Старик не спеша подошел, поздоровался. Глянул снизу вверх на Корнилова. Подполковник отметил, что глаза у старика были совсем молодые, синие, не выцветшие. "Оттого, что он все время вниз, в землю смотрит, что ли?" - подумал подполковник.
– Чем могу?
– спросил Баланин.
– Храм отворить?
– Открой, дядя Прохор, пожалуйста, - попросил Мухин.
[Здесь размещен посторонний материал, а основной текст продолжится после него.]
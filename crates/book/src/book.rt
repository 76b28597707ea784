// The book: what it holds in the strips that were lent to it.

use measures::Measure;
use strips::Strip;
use theory::{Entry, Phase, Redraw};

/// A book of redraws under one measure, over five lent strips.
#[derive(Drop)]
pub struct Book<'r, 't, 's, 'w, 'm, M: Measure> {
    /// The redraws that were entered.
    pub(crate) register: Strip<'r, Redraw>,
    /// The entries of the table.
    pub(crate) table: Strip<'t, Entry<M>>,
    /// As many places as the table has, for the building of the next table.
    pub(crate) spare: Strip<'s, Entry<M>>,
    /// A value for each sheet, for the search from a root.
    pub(crate) work: Strip<'w, M>,
    /// A mark for each sheet, for the search from a root.
    pub(crate) marks: Strip<'m, u8>,
    /// How many sheets there are; they are numbered from zero.
    pub(crate) sheets: u16,
    /// Where the book stands.
    pub(crate) phase: Phase,
}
– Товарищ подполковник из Ленинграда приехал, с милиции. А товарищ Новицкий художник.
Прохор Савельич скосился на Новицкого. Губы его расплылись в улыбке.
– Знаем, знаем, - сказал он.
– У меня дома две картинки ваших висят, Николай Николаевич. Репродукции.
– Он быстро открыл амбарный замок, растворил дверь.
– Две картинки?
– обрадовался Новицкий.
– Вот не ожидал. Польщен, знаете ли. А какие?
– он остановился на пороге церкви и заинтересованно смотрел на старика.
– "Лужская степь" и "Веранда".
– Прохор Савельич посторонился, пропуская в церковь Корнилова и участкового инспектора.
– "Веранда", знаете, там, где рябина на столе.